#### WORK ITEM
The entries below must be retyped in full. Keep every word the same.

BEGIN GIVEN DATA

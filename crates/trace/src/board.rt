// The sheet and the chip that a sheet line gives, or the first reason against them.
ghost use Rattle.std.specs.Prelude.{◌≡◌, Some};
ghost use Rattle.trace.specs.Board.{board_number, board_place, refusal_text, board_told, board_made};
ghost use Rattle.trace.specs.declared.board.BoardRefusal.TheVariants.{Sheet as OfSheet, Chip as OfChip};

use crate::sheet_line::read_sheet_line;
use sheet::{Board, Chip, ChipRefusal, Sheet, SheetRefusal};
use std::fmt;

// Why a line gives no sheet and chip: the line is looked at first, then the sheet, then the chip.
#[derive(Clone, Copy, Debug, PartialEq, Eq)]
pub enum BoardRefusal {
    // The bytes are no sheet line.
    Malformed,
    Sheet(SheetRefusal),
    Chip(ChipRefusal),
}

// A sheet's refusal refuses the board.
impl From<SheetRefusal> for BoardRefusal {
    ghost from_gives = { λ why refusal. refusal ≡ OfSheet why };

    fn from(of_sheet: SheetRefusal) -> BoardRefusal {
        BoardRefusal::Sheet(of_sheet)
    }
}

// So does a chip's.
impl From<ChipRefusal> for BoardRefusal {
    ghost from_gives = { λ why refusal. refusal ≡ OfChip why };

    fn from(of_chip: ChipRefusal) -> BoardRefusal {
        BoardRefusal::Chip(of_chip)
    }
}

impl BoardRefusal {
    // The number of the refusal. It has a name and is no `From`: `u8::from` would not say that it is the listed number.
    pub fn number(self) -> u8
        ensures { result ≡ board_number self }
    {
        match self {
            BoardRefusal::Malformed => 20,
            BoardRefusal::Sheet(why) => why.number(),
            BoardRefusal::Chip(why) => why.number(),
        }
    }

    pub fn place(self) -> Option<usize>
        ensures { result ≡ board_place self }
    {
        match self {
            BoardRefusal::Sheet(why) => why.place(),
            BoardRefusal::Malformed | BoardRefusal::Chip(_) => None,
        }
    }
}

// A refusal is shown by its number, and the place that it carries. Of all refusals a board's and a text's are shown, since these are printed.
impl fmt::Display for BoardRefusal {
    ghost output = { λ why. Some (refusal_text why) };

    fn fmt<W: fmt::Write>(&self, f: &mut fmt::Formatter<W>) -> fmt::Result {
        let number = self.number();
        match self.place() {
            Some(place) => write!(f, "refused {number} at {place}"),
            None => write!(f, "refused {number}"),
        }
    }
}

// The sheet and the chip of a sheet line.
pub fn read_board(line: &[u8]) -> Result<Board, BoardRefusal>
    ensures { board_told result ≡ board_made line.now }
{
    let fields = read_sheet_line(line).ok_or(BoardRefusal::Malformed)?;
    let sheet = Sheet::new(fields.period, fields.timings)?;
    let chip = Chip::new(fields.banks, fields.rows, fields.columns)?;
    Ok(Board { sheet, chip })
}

END GIVEN DATA

#### RESULT
filename crates/trace/src/board.rt
// The sheet and the chip that a sheet line gives, or the first reason against them.
ghost use Rattle.std.specs.Prelude.{◌≡◌, Some};
ghost use Rattle.trace.specs.Board.{board_number, board_place, refusal_text, board_told, board_made};
ghost use Rattle.trace.specs.declared.board.BoardRefusal.TheVariants.{Sheet as OfSheet, Chip as OfChip};

use crate::sheet_line::read_sheet_line;
use sheet::{Board, Chip, ChipRefusal, Sheet, SheetRefusal};
use std::fmt;

// Why a line gives no sheet and chip: the line is looked at first, then the sheet, then the chip.
#[derive(Clone, Copy, Debug, PartialEq, Eq)]
pub enum BoardRefusal {
    // The bytes are no sheet line.
    Malformed,
    Sheet(SheetRefusal),
    Chip(ChipRefusal),
}

// A sheet's refusal refuses the board.
impl From<SheetRefusal> for BoardRefusal {
    ghost from_gives = { λ why refusal. refusal ≡ OfSheet why };

    fn from(of_sheet: SheetRefusal) -> BoardRefusal {
        BoardRefusal::Sheet(of_sheet)
    }
}

// So does a chip's.
impl From<ChipRefusal> for BoardRefusal {
    ghost from_gives = { λ why refusal. refusal ≡ OfChip why };

    fn from(of_chip: ChipRefusal) -> BoardRefusal {
        BoardRefusal::Chip(of_chip)
    }
}

impl BoardRefusal {
    // The number of the refusal. It has a name and is no `From`: `u8::from` would not say that it is the listed number.
    pub fn number(self) -> u8
        ensures { result ≡ board_number self }
    {
        match self {
            BoardRefusal::Malformed => 20,
            BoardRefusal::Sheet(why) => why.number(),
            BoardRefusal::Chip(why) => why.number(),
        }
    }

    pub fn place(self) -> Option<usize>
        ensures { result ≡ board_place self }
    {
        match self {
            BoardRefusal::Sheet(why) => why.place(),
            BoardRefusal::Malformed | BoardRefusal::Chip(_) => None,
        }
    }
}

// A refusal is shown by its number, and the place that it carries. Of all refusals a board's and a text's are shown, since these are printed.
impl fmt::Display for BoardRefusal {
    ghost output = { λ why. Some (refusal_text why) };

    fn fmt<W: fmt::Write>(&self, f: &mut fmt::Formatter<W>) -> fmt::Result {
        let number = self.number();
        match self.place() {
            Some(place) => write!(f, "refused {number} at {place}"),
            None => write!(f, "refused {number}"),
        }
    }
}

// The sheet and the chip of a sheet line.
pub fn read_board(line: &[u8]) -> Result<Board, BoardRefusal>
    ensures { board_told result ≡ board_made line.now }
{
    let fields = read_sheet_line(line).ok_or(BoardRefusal::Malformed)?;
    let sheet = Sheet::new(fields.period, fields.timings)?;
    let chip = Chip::new(fields.banks, fields.rows, fields.columns)?;
    Ok(Board { sheet, chip })
}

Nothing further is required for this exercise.